Participant Expert Status
I am not, however, prepared to bar Mr. Colalillo from providing any opinion evidence at this trial. I am satisfied that he appears to meet the requirements for a participant expert. Notably, the content of his affidavit sworn January 15, 2025 and the opinions set out in his 2022 reports all appear to stem from his personal observations and investigations of the foundation and footings. He was a participant in events occurring after the plaintiff was terminated, which are relevant to the defendant’s defence and counterclaim positions on the design and construction of the foundation and footings. Mr. Colalillo is a structural engineer who appears to have been exercising his ordinary expertise during his role on the project in 2022 and 2023. To the extent that he has based his opinions on the review of documents, it is not clear to me that doing so would be beyond the ordinary course for a structural engineer.

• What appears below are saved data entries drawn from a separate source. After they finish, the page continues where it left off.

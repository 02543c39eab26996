//! The report of the judge on a log: a line for each search, and last whether the talk with the engine is lawful.
#![tactic(auto)]

mod conduct_report;
mod conduct_text;
mod report;
mod run;
mod text;

pub use conduct_report::ConductReport;
pub use report::{LAST_LINES, Report};
pub use run::{run_conduct_judge, run_judge};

I also agree with the defendant that it would be unfair to pre-emptively bar Mr. Colalillo from tendering opinion evidence as a participant expert. A qualification voir dire will be required, though, to delineate the scope of proper opinion evidence from Mr. Colalillo.
Disposition
For these reasons, I am not permitting Mr. Colalillo to testify as a rule 53.03 expert, but he may still testify as a participant expert on opinions formed from his personal observations and participation in the project, subject to a qualification voir dire on the scope of permitted opinion evidence to be given by Mr. Colalillo as a participant expert.
Having found that Mr. Colalillo cannot testify as a rule 53.03 expert, his two litigation reports from December 2024 and February 2025 shall not be admitted. Mr. Colalillo’s affidavit sworn February 11, 2025 is hereby struck and leave to submit his affidavit sworn March 4, 2025 is denied. His affidavit sworn January 15, 2025, with exhibits, may be admitted. Following the qualification voir dire, the defendant will be afforded additional viva voce examination in chief of Mr. Colalillo to supplement that affidavit prior to cross-examination. Documents appended to the December 2024 and February 2025 reports that are not already in the evidentiary record may be extracted from the reports and put to Mr. Colalillo, but admissibility of such documents will still be subject to any objections by the plaintiff in the ordinary course.